Saved entries
------------------------------------------------
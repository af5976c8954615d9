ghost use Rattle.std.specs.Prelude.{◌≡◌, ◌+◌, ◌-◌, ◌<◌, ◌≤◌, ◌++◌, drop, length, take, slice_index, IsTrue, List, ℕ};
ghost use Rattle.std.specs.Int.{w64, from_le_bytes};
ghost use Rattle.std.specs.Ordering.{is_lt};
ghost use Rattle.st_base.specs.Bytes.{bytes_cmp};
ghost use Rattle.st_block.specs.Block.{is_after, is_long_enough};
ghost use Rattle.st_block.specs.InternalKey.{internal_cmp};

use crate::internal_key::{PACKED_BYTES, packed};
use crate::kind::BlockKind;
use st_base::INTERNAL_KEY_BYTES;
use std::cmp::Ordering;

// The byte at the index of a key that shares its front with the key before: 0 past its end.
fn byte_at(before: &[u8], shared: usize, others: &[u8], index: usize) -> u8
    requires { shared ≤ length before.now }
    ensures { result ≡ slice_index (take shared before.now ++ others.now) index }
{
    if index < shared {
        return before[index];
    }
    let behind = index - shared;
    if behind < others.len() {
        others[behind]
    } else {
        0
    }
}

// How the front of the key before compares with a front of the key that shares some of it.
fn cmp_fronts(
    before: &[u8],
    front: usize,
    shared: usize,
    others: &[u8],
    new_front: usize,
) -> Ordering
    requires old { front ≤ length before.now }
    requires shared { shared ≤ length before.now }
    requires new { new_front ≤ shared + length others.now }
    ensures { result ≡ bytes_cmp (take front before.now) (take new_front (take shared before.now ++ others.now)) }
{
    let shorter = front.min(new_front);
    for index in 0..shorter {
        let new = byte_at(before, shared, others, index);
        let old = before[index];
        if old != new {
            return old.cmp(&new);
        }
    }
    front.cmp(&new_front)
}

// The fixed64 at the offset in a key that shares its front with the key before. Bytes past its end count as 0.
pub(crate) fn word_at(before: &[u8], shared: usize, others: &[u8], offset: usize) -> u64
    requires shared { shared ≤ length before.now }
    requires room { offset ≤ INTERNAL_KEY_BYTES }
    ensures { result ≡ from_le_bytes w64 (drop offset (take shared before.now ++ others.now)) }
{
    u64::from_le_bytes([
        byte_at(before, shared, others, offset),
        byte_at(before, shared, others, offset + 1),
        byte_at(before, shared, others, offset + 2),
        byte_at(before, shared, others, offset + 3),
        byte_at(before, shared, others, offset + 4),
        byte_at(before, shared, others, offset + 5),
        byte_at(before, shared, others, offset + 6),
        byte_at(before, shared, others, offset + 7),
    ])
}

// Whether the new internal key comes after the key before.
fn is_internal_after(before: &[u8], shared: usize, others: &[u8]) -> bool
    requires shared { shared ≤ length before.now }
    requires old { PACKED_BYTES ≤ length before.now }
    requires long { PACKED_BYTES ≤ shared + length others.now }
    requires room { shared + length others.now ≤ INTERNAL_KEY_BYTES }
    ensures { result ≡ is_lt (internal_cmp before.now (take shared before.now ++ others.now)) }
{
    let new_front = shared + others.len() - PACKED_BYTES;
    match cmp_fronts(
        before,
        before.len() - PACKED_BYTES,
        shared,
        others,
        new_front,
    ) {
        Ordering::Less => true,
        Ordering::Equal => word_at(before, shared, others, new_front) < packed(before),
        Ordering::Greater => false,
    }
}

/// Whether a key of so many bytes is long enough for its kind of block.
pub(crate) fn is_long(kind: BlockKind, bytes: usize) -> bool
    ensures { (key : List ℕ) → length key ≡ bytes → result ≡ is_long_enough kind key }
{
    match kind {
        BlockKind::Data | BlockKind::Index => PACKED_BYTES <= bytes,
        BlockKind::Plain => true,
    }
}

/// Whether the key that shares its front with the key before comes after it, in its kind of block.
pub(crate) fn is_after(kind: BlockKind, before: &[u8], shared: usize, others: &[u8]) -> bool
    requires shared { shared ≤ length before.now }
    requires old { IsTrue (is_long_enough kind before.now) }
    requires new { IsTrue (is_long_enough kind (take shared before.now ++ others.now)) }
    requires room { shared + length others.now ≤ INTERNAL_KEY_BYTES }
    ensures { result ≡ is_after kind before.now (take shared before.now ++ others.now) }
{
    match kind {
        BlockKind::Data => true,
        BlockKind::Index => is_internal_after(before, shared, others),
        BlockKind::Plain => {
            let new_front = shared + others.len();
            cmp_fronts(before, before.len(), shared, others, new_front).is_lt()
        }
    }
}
------------------------------------------------
Give back all the records above exactly. Keep every word.

◆ **RESPONSE TO THE TASK**:
repository af5976c8954615d9
ghost use Rattle.std.specs.Prelude.{◌≡◌, ◌+◌, ◌-◌, ◌<◌, ◌≤◌, ◌++◌, drop, length, take, slice_index, IsTrue, List, ℕ};
ghost use Rattle.std.specs.Int.{w64, from_le_bytes};
ghost use Rattle.std.specs.Ordering.{is_lt};
ghost use Rattle.st_base.specs.Bytes.{bytes_cmp};
ghost use Rattle.st_block.specs.Block.{is_after, is_long_enough};
ghost use Rattle.st_block.specs.InternalKey.{internal_cmp};

use crate::internal_key::{PACKED_BYTES, packed};
use crate::kind::BlockKind;
use st_base::INTERNAL_KEY_BYTES;
use std::cmp::Ordering;

// The byte at the index of a key that shares its front with the key before: 0 past its end.
fn byte_at(before: &[u8], shared: usize, others: &[u8], index: usize) -> u8
    requires { shared ≤ length before.now }
    ensures { result ≡ slice_index (take shared before.now ++ others.now) index }
{
    if index < shared {
        return before[index];
    }
    let behind = index - shared;
    if behind < others.len() {
        others[behind]
    } else {
        0
    }
}

// How the front of the key before compares with a front of the key that shares some of it.
fn cmp_fronts(
    before: &[u8],
    front: usize,
    shared: usize,
    others: &[u8],
    new_front: usize,
) -> Ordering
    requires old { front ≤ length before.now }
    requires shared { shared ≤ length before.now }
    requires new { new_front ≤ shared + length others.now }
    ensures { result ≡ bytes_cmp (take front before.now) (take new_front (take shared before.now ++ others.now)) }
{
    let shorter = front.min(new_front);
    for index in 0..shorter {
        let new = byte_at(before, shared, others, index);
        let old = before[index];
        if old != new {
            return old.cmp(&new);
        }
    }
    front.cmp(&new_front)
}

// The fixed64 at the offset in a key that shares its front with the key before. Bytes past its end count as 0.
pub(crate) fn word_at(before: &[u8], shared: usize, others: &[u8], offset: usize) -> u64
    requires shared { shared ≤ length before.now }
    requires room { offset ≤ INTERNAL_KEY_BYTES }
    ensures { result ≡ from_le_bytes w64 (drop offset (take shared before.now ++ others.now)) }
{
    u64::from_le_bytes([
        byte_at(before, shared, others, offset),
        byte_at(before, shared, others, offset + 1),
        byte_at(before, shared, others, offset + 2),
        byte_at(before, shared, others, offset + 3),
        byte_at(before, shared, others, offset + 4),
        byte_at(before, shared, others, offset + 5),
        byte_at(before, shared, others, offset + 6),
        byte_at(before, shared, others, offset + 7),
    ])
}

// Whether the new internal key comes after the key before.
fn is_internal_after(before: &[u8], shared: usize, others: &[u8]) -> bool
    requires shared { shared ≤ length before.now }
    requires old { PACKED_BYTES ≤ length before.now }
    requires long { PACKED_BYTES ≤ shared + length others.now }
    requires room { shared + length others.now ≤ INTERNAL_KEY_BYTES }
    ensures { result ≡ is_lt (internal_cmp before.now (take shared before.now ++ others.now)) }
{
    let new_front = shared + others.len() - PACKED_BYTES;
    match cmp_fronts(
        before,
        before.len() - PACKED_BYTES,
        shared,
        others,
        new_front,
    ) {
        Ordering::Less => true,
        Ordering::Equal => word_at(before, shared, others, new_front) < packed(before),
        Ordering::Greater => false,
    }
}

/// Whether a key of so many bytes is long enough for its kind of block.
pub(crate) fn is_long(kind: BlockKind, bytes: usize) -> bool
    ensures { (key : List ℕ) → length key ≡ bytes → result ≡ is_long_enough kind key }
{
    match kind {
        BlockKind::Data | BlockKind::Index => PACKED_BYTES <= bytes,
        BlockKind::Plain => true,
    }
}

/// Whether the key that shares its front with the key before comes after it, in its kind of block.
pub(crate) fn is_after(kind: BlockKind, before: &[u8], shared: usize, others: &[u8]) -> bool
    requires shared { shared ≤ length before.now }
    requires old { IsTrue (is_long_enough kind before.now) }
    requires new { IsTrue (is_long_enough kind (take shared before.now ++ others.now)) }
    requires room { shared + length others.now ≤ INTERNAL_KEY_BYTES }
    ensures { result ≡ is_after kind before.now (take shared before.now ++ others.now) }
{
    match kind {
        BlockKind::Data => true,
        BlockKind::Index => is_internal_after(before, shared, others),
        BlockKind::Plain => {
            let new_front = shared + others.len();
            cmp_fronts(before, before.len(), shared, others, new_front).is_lt()
        }
    }
}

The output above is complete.